▶ **Problem to solve**
Go through the entries below and print, exactly, the lines starting at the one with "most: surw_base::FRAMES as" and ending at the one with "filename crates/scenario_toml/src/made.rt", keeping both ends and no others.

▶ **Source data**
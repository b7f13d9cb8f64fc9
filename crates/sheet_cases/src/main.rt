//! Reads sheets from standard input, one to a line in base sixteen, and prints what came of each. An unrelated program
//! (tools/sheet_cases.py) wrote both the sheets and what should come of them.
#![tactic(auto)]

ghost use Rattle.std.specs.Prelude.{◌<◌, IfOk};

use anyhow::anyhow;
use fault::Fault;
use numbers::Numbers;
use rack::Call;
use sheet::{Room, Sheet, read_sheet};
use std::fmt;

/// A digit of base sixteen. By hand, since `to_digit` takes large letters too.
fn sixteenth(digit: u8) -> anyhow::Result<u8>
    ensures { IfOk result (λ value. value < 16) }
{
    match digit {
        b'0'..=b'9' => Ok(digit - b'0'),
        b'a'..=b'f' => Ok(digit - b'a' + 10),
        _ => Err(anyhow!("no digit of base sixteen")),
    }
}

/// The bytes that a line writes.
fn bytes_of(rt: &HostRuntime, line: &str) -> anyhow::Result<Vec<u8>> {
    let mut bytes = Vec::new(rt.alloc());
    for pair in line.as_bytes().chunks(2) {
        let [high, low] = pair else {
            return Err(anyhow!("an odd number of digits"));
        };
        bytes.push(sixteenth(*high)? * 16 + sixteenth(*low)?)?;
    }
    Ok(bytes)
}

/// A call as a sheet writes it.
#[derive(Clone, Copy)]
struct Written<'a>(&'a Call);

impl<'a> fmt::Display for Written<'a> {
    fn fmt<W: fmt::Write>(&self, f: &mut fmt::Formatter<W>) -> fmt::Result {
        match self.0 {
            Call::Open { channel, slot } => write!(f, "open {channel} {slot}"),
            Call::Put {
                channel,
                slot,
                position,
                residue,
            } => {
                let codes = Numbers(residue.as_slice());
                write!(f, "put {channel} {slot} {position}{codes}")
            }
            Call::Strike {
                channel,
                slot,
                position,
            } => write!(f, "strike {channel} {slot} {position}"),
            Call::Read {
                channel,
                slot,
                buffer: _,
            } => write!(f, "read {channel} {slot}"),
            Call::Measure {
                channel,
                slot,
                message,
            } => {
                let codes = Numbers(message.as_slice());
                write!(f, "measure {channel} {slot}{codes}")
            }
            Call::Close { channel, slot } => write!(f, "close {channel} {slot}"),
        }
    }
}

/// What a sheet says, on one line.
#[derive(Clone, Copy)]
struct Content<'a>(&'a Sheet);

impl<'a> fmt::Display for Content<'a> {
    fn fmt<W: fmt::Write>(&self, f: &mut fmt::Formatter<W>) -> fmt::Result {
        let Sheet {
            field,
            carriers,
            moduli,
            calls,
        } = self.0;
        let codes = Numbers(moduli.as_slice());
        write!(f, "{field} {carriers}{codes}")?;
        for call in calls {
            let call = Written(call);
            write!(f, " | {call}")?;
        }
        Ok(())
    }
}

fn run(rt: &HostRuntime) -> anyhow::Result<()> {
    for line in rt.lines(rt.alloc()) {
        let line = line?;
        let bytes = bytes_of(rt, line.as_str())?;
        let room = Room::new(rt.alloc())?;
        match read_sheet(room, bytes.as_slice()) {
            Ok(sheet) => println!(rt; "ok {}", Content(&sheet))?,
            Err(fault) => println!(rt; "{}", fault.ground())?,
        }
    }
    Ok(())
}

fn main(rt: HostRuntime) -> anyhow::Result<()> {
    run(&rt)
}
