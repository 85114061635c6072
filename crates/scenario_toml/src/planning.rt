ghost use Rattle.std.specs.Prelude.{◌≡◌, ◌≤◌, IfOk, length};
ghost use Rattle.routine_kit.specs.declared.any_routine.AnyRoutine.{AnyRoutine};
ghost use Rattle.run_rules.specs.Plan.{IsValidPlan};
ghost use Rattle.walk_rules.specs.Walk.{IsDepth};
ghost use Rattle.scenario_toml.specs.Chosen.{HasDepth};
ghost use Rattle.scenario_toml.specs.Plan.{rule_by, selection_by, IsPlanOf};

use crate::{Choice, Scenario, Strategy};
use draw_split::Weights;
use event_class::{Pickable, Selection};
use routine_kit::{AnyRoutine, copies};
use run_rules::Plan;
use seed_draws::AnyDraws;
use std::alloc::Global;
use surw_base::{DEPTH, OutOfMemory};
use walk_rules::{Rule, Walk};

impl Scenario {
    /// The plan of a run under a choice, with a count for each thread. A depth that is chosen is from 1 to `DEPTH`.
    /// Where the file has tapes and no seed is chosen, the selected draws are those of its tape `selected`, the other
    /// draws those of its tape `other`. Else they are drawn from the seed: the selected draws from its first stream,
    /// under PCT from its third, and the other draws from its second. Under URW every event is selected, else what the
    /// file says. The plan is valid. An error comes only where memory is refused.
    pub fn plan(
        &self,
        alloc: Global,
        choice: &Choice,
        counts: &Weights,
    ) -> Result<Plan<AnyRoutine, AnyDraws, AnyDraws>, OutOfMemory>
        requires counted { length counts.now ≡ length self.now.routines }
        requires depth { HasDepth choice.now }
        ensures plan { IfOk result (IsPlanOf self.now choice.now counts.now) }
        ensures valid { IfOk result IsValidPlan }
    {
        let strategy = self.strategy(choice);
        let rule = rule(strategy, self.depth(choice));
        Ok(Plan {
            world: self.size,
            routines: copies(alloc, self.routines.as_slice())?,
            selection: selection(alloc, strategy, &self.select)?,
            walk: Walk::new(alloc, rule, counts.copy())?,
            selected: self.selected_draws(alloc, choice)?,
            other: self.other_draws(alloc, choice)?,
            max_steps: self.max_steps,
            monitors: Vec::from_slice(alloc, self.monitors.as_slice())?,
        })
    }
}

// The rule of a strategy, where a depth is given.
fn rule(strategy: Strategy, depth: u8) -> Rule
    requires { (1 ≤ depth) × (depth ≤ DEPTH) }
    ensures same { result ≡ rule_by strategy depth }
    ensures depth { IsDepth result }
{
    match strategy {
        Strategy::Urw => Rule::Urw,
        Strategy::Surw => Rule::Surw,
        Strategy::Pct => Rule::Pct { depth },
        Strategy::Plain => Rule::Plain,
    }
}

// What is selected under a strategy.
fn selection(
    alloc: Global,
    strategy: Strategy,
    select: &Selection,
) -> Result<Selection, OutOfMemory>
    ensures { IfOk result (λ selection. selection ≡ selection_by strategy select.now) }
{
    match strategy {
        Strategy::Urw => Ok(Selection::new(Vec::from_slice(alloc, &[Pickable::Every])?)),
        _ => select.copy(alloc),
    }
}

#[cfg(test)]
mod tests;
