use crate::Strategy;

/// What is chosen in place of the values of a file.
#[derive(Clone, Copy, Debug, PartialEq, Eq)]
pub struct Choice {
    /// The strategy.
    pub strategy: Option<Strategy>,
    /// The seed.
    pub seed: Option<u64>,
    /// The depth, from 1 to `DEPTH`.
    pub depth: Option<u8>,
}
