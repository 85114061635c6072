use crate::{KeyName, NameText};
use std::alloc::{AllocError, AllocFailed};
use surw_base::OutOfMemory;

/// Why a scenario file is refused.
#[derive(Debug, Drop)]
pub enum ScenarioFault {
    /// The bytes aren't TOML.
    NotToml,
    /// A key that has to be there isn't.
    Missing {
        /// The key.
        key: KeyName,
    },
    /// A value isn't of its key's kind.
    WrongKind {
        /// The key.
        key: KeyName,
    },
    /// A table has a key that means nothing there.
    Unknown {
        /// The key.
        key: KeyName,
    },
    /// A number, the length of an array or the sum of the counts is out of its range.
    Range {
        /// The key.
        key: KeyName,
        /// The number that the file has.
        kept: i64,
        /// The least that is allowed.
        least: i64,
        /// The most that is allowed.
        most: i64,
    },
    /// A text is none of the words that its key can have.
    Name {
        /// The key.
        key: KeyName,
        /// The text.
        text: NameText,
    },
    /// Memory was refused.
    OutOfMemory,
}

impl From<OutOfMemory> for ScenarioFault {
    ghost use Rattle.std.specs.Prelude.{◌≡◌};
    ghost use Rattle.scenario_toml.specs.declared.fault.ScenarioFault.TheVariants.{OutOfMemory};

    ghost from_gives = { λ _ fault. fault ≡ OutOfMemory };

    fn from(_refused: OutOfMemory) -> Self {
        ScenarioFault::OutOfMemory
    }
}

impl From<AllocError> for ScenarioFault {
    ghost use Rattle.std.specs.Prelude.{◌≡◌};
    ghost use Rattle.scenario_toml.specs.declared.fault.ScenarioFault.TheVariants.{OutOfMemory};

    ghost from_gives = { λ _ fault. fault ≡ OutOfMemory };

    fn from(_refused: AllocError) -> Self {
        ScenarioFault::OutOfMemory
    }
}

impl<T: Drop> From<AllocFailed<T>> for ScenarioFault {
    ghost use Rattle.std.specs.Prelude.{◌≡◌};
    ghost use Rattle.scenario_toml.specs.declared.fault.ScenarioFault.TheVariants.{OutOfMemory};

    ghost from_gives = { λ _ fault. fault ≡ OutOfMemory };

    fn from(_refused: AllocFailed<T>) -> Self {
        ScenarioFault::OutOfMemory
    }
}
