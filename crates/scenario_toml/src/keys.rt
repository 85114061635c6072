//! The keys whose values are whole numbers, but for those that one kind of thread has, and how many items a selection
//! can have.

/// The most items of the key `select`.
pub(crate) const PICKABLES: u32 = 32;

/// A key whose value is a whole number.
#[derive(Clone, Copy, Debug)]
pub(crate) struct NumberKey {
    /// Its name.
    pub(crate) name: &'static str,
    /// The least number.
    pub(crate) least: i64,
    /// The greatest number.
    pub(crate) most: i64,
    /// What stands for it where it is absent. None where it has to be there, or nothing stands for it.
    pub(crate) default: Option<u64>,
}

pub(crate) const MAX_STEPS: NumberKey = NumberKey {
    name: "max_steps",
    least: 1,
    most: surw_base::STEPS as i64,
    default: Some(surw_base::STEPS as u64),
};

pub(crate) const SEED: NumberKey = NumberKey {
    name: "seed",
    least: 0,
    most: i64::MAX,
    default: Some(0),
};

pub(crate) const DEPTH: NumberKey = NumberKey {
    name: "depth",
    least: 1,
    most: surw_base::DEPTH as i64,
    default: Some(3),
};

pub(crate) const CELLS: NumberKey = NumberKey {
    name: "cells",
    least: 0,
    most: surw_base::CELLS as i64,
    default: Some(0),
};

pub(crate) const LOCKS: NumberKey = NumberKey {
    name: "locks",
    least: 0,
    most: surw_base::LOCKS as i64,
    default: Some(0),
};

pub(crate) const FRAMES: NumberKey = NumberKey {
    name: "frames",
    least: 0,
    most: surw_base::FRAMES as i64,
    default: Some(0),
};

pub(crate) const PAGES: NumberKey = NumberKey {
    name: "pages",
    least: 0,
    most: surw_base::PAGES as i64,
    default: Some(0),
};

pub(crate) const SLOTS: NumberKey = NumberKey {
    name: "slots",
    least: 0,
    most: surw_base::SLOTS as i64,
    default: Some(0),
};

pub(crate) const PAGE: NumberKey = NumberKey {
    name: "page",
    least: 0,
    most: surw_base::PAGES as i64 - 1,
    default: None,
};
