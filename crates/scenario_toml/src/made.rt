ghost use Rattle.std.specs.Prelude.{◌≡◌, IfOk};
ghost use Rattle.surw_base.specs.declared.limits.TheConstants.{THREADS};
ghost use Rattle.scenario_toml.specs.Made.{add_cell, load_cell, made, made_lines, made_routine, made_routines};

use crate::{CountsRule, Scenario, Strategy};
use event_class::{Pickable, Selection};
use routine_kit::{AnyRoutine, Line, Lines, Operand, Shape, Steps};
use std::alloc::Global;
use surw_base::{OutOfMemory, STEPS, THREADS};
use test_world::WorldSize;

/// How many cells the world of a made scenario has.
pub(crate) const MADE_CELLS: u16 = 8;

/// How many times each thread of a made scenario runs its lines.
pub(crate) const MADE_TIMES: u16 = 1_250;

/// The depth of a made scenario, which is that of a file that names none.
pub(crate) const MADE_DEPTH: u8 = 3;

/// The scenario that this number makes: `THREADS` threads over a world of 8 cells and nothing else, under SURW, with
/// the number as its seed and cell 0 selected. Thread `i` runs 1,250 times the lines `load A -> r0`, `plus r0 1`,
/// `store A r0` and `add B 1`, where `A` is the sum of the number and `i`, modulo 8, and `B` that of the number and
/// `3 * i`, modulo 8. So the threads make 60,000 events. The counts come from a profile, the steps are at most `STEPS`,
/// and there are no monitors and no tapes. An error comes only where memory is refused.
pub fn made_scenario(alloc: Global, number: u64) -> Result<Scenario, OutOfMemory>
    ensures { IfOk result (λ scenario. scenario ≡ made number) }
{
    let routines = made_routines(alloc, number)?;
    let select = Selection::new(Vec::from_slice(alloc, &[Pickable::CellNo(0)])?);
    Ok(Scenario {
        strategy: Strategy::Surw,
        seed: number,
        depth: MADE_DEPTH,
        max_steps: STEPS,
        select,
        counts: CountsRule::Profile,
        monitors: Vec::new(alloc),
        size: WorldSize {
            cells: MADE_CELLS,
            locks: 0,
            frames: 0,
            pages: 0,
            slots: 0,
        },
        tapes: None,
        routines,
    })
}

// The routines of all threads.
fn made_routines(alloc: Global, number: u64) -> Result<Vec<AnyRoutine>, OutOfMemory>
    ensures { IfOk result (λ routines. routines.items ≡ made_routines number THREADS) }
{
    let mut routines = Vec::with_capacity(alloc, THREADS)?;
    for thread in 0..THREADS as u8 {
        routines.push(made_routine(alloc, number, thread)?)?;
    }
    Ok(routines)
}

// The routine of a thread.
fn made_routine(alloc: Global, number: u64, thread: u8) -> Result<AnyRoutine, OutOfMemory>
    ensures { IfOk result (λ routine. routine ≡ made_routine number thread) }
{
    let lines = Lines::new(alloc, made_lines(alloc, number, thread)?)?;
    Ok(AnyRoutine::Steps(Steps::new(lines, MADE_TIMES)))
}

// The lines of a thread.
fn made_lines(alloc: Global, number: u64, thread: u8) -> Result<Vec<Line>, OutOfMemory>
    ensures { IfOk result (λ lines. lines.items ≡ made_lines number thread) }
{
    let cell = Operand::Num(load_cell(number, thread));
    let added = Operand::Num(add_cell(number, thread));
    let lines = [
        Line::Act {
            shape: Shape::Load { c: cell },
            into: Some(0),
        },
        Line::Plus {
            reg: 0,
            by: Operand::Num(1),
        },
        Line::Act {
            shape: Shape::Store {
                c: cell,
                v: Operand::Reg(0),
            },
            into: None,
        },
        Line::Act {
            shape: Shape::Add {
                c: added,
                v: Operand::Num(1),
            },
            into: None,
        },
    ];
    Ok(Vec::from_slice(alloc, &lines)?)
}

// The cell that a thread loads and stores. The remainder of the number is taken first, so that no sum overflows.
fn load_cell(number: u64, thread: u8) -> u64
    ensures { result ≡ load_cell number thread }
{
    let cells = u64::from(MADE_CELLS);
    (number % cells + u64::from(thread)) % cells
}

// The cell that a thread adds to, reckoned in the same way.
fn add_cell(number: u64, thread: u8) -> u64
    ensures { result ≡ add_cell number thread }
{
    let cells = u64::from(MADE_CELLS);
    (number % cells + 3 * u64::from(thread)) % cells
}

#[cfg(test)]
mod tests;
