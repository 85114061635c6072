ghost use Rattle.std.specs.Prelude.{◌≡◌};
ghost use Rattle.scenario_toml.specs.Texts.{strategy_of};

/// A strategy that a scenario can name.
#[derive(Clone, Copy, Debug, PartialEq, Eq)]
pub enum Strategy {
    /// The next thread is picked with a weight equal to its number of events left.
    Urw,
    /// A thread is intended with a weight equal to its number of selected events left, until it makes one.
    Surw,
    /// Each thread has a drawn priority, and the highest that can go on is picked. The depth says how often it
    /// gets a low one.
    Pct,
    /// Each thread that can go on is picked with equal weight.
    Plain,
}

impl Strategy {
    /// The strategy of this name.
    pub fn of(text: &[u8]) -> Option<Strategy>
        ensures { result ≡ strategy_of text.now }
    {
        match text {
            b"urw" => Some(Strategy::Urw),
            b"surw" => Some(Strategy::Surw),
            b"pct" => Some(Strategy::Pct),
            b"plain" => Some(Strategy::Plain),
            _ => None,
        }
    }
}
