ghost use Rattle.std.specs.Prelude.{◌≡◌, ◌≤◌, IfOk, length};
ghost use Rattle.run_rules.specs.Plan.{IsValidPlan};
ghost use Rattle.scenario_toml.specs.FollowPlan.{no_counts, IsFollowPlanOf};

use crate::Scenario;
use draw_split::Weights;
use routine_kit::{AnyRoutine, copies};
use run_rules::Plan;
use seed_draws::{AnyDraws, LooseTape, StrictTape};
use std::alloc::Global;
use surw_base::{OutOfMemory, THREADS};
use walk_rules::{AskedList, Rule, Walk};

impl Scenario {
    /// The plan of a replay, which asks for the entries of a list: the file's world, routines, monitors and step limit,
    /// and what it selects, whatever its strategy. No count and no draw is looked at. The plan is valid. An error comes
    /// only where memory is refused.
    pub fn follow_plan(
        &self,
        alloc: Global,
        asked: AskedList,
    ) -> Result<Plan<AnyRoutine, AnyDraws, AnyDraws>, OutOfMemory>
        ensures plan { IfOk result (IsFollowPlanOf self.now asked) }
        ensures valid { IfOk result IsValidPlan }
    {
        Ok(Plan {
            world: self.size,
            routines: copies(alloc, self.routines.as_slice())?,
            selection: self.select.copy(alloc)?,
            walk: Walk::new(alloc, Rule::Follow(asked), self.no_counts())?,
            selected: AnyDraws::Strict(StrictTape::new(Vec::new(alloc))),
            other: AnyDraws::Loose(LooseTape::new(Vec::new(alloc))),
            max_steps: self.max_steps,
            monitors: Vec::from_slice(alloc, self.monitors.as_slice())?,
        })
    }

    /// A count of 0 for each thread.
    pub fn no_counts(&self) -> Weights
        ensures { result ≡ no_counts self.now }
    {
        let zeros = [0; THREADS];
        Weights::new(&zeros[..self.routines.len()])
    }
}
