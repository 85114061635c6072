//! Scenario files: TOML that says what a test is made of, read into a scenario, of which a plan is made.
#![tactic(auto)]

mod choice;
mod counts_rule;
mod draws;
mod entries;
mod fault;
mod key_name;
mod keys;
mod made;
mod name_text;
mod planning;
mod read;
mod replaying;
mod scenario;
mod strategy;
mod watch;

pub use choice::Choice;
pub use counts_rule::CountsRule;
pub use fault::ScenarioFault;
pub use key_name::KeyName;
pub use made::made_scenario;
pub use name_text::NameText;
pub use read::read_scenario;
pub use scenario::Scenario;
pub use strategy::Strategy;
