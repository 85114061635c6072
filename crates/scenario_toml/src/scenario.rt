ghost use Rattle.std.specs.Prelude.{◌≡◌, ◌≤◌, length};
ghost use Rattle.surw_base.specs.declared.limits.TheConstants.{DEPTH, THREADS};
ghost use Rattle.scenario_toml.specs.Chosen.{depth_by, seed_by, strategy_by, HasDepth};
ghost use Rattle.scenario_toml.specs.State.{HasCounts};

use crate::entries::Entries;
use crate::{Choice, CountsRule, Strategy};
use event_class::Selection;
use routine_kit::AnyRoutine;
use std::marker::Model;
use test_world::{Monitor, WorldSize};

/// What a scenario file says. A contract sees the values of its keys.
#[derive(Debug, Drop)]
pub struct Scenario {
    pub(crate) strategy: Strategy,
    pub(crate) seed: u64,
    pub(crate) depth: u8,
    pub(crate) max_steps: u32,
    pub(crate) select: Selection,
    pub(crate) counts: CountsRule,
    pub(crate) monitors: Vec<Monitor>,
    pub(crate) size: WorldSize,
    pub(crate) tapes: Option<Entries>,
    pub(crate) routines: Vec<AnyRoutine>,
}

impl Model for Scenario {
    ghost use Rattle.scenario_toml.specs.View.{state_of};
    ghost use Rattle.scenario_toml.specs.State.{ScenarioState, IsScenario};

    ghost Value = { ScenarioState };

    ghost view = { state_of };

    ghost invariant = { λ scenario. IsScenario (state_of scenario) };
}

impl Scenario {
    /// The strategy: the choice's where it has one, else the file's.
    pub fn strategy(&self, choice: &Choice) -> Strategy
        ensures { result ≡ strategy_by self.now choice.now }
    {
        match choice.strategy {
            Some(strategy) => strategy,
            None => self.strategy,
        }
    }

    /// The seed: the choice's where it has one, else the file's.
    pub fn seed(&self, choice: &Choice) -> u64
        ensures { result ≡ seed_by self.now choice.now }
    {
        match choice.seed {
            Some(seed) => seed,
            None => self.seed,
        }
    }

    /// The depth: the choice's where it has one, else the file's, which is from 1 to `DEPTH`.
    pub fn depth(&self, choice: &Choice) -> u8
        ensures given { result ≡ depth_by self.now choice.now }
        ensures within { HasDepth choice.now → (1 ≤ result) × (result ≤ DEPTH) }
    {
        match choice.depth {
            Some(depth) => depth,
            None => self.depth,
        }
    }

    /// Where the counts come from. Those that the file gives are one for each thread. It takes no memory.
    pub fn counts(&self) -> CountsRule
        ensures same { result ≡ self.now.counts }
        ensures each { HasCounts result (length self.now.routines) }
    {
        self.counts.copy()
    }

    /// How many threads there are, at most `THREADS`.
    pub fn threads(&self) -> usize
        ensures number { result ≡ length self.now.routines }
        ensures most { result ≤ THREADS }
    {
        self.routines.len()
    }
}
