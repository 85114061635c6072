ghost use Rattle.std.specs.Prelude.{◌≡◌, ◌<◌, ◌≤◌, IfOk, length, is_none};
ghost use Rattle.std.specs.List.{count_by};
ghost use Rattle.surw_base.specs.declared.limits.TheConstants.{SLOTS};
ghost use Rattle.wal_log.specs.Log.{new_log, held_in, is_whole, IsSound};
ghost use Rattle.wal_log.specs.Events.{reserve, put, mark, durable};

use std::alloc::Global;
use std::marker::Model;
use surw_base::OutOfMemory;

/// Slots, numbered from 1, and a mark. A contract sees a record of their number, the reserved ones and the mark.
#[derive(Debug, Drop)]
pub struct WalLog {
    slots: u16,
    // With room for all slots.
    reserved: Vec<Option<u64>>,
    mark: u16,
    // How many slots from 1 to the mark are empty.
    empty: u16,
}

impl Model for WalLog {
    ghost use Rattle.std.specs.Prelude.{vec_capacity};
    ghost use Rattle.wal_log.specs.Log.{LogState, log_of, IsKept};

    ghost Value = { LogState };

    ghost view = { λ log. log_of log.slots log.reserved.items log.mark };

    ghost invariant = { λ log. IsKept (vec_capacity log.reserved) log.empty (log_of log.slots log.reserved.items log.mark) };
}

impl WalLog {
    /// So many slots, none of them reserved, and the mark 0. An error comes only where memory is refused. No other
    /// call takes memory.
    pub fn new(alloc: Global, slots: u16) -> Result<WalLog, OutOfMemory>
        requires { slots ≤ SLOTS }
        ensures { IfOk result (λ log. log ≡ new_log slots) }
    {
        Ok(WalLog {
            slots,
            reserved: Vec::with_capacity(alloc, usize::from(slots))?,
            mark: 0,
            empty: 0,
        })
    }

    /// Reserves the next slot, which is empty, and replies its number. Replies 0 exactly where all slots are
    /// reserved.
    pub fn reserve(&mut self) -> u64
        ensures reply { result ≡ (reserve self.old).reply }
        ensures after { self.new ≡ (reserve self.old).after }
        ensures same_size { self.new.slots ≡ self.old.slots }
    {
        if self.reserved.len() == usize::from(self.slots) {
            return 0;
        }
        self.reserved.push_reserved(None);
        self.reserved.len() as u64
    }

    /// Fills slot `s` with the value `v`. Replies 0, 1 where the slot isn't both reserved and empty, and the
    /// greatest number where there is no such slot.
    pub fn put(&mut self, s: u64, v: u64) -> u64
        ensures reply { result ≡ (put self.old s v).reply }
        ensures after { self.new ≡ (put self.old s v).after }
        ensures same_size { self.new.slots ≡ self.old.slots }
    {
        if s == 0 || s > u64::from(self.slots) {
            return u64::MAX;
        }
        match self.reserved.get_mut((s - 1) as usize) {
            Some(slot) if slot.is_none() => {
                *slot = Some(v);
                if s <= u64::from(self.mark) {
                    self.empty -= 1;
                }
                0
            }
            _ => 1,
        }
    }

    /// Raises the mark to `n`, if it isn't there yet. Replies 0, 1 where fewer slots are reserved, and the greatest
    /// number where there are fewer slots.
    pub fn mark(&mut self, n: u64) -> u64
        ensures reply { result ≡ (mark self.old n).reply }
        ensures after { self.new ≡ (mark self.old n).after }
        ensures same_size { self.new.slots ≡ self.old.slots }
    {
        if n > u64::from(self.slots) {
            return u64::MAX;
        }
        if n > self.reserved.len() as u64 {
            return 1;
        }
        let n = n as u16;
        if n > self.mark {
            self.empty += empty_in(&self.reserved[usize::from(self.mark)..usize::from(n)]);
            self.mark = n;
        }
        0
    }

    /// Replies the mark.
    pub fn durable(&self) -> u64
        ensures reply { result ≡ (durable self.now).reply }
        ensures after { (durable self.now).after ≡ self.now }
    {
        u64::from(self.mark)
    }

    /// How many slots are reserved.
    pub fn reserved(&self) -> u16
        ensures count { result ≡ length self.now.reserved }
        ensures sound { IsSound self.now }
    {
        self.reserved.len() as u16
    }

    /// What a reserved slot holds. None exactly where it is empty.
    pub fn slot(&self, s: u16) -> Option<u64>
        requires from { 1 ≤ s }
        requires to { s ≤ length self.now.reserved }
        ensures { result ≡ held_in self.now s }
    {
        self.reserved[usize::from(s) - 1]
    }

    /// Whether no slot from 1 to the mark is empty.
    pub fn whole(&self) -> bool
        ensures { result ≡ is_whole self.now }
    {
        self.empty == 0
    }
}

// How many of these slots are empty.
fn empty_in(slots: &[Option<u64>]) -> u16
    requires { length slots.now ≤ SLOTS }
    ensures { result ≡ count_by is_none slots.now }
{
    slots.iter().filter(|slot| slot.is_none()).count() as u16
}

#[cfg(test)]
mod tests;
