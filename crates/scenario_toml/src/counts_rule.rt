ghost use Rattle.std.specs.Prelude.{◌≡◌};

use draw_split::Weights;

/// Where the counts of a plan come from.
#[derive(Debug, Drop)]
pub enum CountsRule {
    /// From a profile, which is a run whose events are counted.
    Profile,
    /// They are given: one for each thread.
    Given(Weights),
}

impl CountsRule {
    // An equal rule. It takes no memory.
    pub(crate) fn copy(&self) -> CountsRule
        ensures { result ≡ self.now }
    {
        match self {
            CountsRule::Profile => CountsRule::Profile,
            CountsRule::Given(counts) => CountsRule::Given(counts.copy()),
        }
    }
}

▶ **Result**
    most: surw_base::FRAMES as i64,
    default: Some(0),
};

pub(crate) const PAGES: NumberKey = NumberKey {
    name: "pages",
    least: 0,
    most: surw_base::PAGES as i64,
    default: Some(0),
};

pub(crate) const SLOTS: NumberKey = NumberKey {
    name: "slots",
    least: 0,
    most: surw_base::SLOTS as i64,
    default: Some(0),
};

pub(crate) const PAGE: NumberKey = NumberKey {
    name: "page",
    least: 0,
    most: surw_base::PAGES as i64 - 1,
    default: None,
};
filename crates/scenario_toml/src/made.rt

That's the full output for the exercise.